Figure 2: Closed die or impression die-forging from starting point until finish [5] 

 
 

Table 1: Temperature range for various process [5] 
 

Process Ratio of processing temperature and meting point (Tp/Tm) 

Cold working < 0.3 
Warm working 0.3-0.5 
Hot working >0.5 

 
 

Meanwhile, hot forging is performed above the softening temperature where the strain hardening is released 
during this stage the grain transform from a uniaxial shape become spherical shape. This condition will make the 
material flow easier and the forging force become lower. The workpiece usually large and bulk in shape and this hot 
forging process usually for the semi-finished product that need to be processed further. The disadvantage of this 
process is the oxidation at the surface during cooling process. This process is required to be processed in a faster way 
to avoid an excessive oxidation. As a guideline, for any metal workpiece, the range of the working temperature is 
shown in the Table 1. The range is displayed as a ratio over the melting temperature Tm. 
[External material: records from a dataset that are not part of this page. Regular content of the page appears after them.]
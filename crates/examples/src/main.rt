// Plays each file of data/ and writes its name and its text, and for a good one whether it comes back when it is taken apart and written
// again: the output is compared with `stdout`.
#![tactic(auto)]

mod again;

ghost use Rattle.std.specs.Prelude.{◌≤◌, length};
ghost use Rattle.jobs.specs.Play.{longest};

use crate::again::again;
use input::{read_full, room};
use jobs::play::play;
use std::fs;
use std::rt::Files;

// What the player shows.
const GOOD: [&str; 21] = [
    "worked.job",
    "dummy-read.job",
    "marks.job",
    "modify-read.job",
    "reset.job",
    "restart.job",
    "settings.job",
    "redraw-dark.job",
    "redraw-shifted.job",
    "page-nine.job",
    "refused.job",
    "update.job",
    "page-first.job",
    "screen.job",
    "corners.job",
    "unwritten.job",
    "end-1.job",
    "end-2.job",
    "end-3.job",
    "ks0759.job",
    "new-set.job",
];

// Damaged files, of each kind.
const BAD: [&str; 14] = [
    "empty.job",
    "seven-bytes.job",
    "many-cycles.job",
    "wrapped.job",
    "cycle-offset.job",
    "picture-offset.job",
    "three-pictures.job",
    "byte-short.job",
    "byte-long.job",
    "kind-six.job",
    "status-value.job",
    "pin-value.job",
    "two-new.job",
    "field-512.job",
];

// The text of a file, put into room for any text: play never refuses it.
fn tell(rt: &impl Print, file: &[u8], text: &mut [u8])
    requires { longest ≤ length text.old }
{
    let n = play(file, text).unwrap();
    let _ = rt.write_all(&text[..n]);
}

// The name of an example, and its file: how many bytes it has, or `too long` or `missing`, and none.
fn read_file(rt: &(impl Files + Print), name: &str, file: &mut [u8]) -> usize
    ensures { result ≤ length file.new }
{
    let _ = println!(rt; "{name}");
    let Ok(mut from) = fs::open(rt, name) else {
        let _ = rt.write_all(b"missing\n");
        return 0;
    };
    let n = read_full(&mut from, file);
    if n == file.len() {
        let _ = rt.write_all(b"too long\n");
        return 0;
    }
    n
}

// An example with its text, which has no more than 210,000 bytes: how many bytes it has.
fn shown(rt: &(impl Files + Print), name: &str, file: &mut [u8]) -> usize
    ensures { result ≤ length file.new }
{
    let n = read_file(rt, name, file);
    let mut text = room::<210000>();
    tell(rt, &file[0..n], &mut text);
    n
}

// The longest file has 8 + 65,536 bytes, so one that fills the room for it is too long, and was perhaps cut.
fn bad_example(rt: &(impl Files + Print), name: &str) {
    let mut file = room::<70000>();
    shown(rt, name, &mut file);
}

// And whether it comes back.
fn example(rt: &(impl Files + Print), name: &str) {
    let mut file = room::<70000>();
    let n = shown(rt, name, &mut file);
    again(rt, &file[..n]);
}

fn main(rt: HostRuntime) {
    for name in GOOD {
        example(&rt, name);
    }
    for name in BAD {
        bad_example(&rt, name);
    }
}
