// A good job there and back: taken apart, its cycles written as text, the text read, and a job written from what was read and its
// pictures.
ghost use Rattle.std.specs.Prelude.{◌≤◌, length, IfOk};
ghost use Rattle.jobs.specs.Output.{Holds};

use input::room;
use jobs::header::{Job, read_header};
use recorder::job::write_job;
use recorder::text::{Unread, read_text, write_text};

// A good job made again: how many bytes it has in `made`. File and job stay two: a struct of them would serve two functions only.
fn made_again(
    file: &[u8],
    job: Job,
    text: &mut [u8],
    read: &mut [u8],
    made: &mut [u8],
) -> Result<usize, Unread>
    requires { Holds file.now job }
    ensures { IfOk result (λ n. n ≤ length made.new) }
{
    let end = 8 + 2 * job.cycles;
    let n = write_text(&file[8..end], text)?;
    let count = read_text(&text[..n], read)?;
    let cycles = &read[..2 * count];
    let n = write_job(job.set, cycles, job.pictures, &file[end..], made)?;
    Ok(n)
}

// Whether a good job comes back.
fn comes_back(file: &[u8], job: Job) -> bool
    requires { Holds file.now job }
{
    let mut text = room::<80000>();
    let mut read = room::<32000>();
    let mut made = room::<34384>();
    match made_again(file, job, &mut text, &mut read, &mut made) {
        Ok(n) => &made[..n] == file,
        Err(_) => false,
    }
}

// Writes `again` for a good job that comes back; one that does not, or that is not good, is told as such.
pub(crate) fn again(rt: &impl Print, file: &[u8]) {
    match read_header(file) {
        Ok(job) => {
            if comes_back(file, job) {
                let _ = rt.write_all(b"again\n");
            } else {
                let _ = rt.write_all(b"another file\n");
            }
        }
        Err(_) => {
            let _ = rt.write_all(b"no job\n");
        }
    }
}
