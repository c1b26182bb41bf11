// Pictures of reports that are accepted, and answers to those that are not, with their traces in the folder that the program runs in.
//
// A row of the table has a trace and one report of it or two, and then what is asked for: `--cycle` for the cycle whose waiting grants
// are shown, `--from` and `--to` for the slots, and `--colour` with `class` or `tag` for what the colours of bars tell. Behind a bar
// stand the tags, those of the trace's header in its order.
use std::alloc::Global;
use std::{fs, io};
use tetri_chart::{Colours, PairStatus, View, chart, chart_pair, clock_of};
use tetri_cluster::{Name, NameFault, NameList};
use tetri_io::{FileShelf, StdSink};
use tetri_run::{Status, conclude};

// What a row asks for.
#[derive(Clone, Copy)]
struct Row<'a> {
    trace: &'a str,
    first: &'a str,
    // The second report, or a word of what is asked for.
    next: &'a str,
    cycle: Option<u32>,
    from: Option<u32>,
    to: Option<u32>,
    colour: &'a str,
    tags: &'a str,
}

// What stands before a mark, and what stands behind it.
fn parts_at<'a>(text: &'a str, mark: &str) -> (&'a str, &'a str) {
    text.split_once(mark).unwrap_or((text, ""))
}

// The word behind a mark, empty where the mark is not there.
fn word_behind<'a>(text: &'a str, mark: &str) -> &'a str {
    let (_, rest) = parts_at(text, mark);
    let (word, _) = parts_at(rest, " ");
    word
}

fn number_behind(text: &str, mark: &str) -> Option<u32> {
    word_behind(text, mark).parse::<u32>().ok()
}

fn row_of<'a>(asked: &'a str, tags: &'a str) -> Row<'a> {
    let (trace, rest) = parts_at(asked, " ");
    let (first, rest) = parts_at(rest, " ");
    let (next, _) = parts_at(rest, " ");
    Row {
        trace,
        first,
        next,
        cycle: number_behind(asked, " --cycle "),
        from: number_behind(asked, " --from "),
        to: number_behind(asked, " --to "),
        colour: word_behind(asked, " --colour "),
        tags,
    }
}

// The tags as names.
fn names_of(alloc: Global, tags: &str) -> Result<NameList, NameFault> {
    let mut names = NameList::new(alloc);
    for tag in tags.split(' ') {
        names.push(Name::read(alloc, tag.as_bytes())?)?;
    }
    Ok(names)
}

// What the colours tell.
fn colours_of(alloc: Global, row: &Row<'_>) -> Result<Colours, NameFault> {
    match row.colour {
        "class" => Ok(Colours::ByClass),
        "tag" => Ok(Colours::ByTag(names_of(alloc, row.tags)?)),
        _ => Ok(Colours::ByJob),
    }
}

// How a trace's run is shown.
fn view_of(
    rt: &HostRuntime,
    shelf: &mut FileShelf<'_, HostRuntime>,
    row: &Row<'_>,
) -> Result<View, NameFault> {
    Ok(View {
        from: row.from,
        to: row.to,
        clock: clock_of(rt.alloc(), shelf, row.trace),
        colours: colours_of(rt.alloc(), row)?,
    })
}

// Prints how a call ended.
fn print_status(rt: &HostRuntime, whose: &str, status: &Status) -> io::Result<()> {
    if let Status::Usage = status {
        return println!(rt; "no such cycle or slots");
    }
    print!(rt; "{whose}")?;
    let mut sink = StdSink::new(rt.stdout());
    let number = conclude(rt.alloc(), status, &mut sink);
    println!(rt; "{number}")
}

// Draws a report, and prints how the call ended.
fn draw_one(
    rt: &HostRuntime,
    shelf: &mut FileShelf<'_, HostRuntime>,
    row: &Row<'_>,
    view: &View,
) -> io::Result<()> {
    let mut sink = StdSink::new(rt.stdout());
    let status = chart(
        rt.alloc(),
        row.trace,
        row.first,
        row.cycle,
        view,
        shelf,
        &mut sink,
    );
    print_status(rt, "", &status)
}

// Draws two reports, and prints which check ended so, or how drawing both did.
fn draw_pair(
    rt: &HostRuntime,
    shelf: &mut FileShelf<'_, HostRuntime>,
    row: &Row<'_>,
    view: View,
) -> io::Result<()> {
    let mut sink = StdSink::new(rt.stdout());
    let status = chart_pair(
        rt.alloc(),
        row.trace,
        row.first,
        row.next,
        None,
        view,
        shelf,
        &mut sink,
    );
    match &status {
        PairStatus::First(status) => print_status(rt, "first ", status),
        PairStatus::Second(status) => print_status(rt, "second ", status),
        PairStatus::Both(status) => print_status(rt, "", status),
    }
}

fn draw_row(rt: &HostRuntime, row: &Row<'_>) -> io::Result<()> {
    let mut shelf = FileShelf::new(rt);
    let Ok(view) = view_of(rt, &mut shelf, row) else {
        return println!(rt; "no such names");
    };
    if row.next.ends_with(".report") {
        draw_pair(rt, &mut shelf, row, view)
    } else {
        draw_one(rt, &mut shelf, row, &view)
    }
}

/// Draws what each row of a table asks for, and prints how each call ended.
pub fn draw_all(rt: &HostRuntime, table: &str) -> io::Result<()> {
    let table = fs::read_to_string(rt, table)?;
    for row in table.as_str().lines() {
        let (asked, tags) = parts_at(row, " | ");
        println!(rt; "== {asked}")?;
        draw_row(rt, &row_of(asked, tags))?;
    }
    Ok(())
}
In term of the type of power that pushes the forged material, there are two main group of forging machine: 
hammer or drop forging and press forging. Hammer forging work by hammering the workpiece with an instant 
impact. One of the method is utilizing the gravity hence the name is drop forging. The load is so sudden which act 
as an impact load. This process consequently is became faster but with the disadvantage that this mechanism is only 
applicable for a relatively smaller workpiece due to the limitation in the forging force. Press forging in the other side 
is using hydraulic press mechanism. The process is slower than hammer forging but in term of power capability 
multiple times higher than hammering. It can forge a large and bulk workpiece. In conclusion, depend on the 
requirement, both have advantages and disadvantages. For a demand of a large quantity product, time is very crucial. 
Only hammering can fulfil the criteria of an economically process. 
 
2.2 Characteristic of Rotary Forging 
Rotary forging was originated in Japan. Japan has been extensively developed research about rotary forging in almost 
every aspect. They investigated the performance of the machine, characteristic of stress strain behaviour, the accuracy 
of the forging process [6], the behaviour of the surface interaction between dies and workpiece. The research was 
backed up by the private sector as well as the support from the government. As the leader, Japan utilize this forging 
method in almost every sector of metal industry and give a significant contribution to their economy. 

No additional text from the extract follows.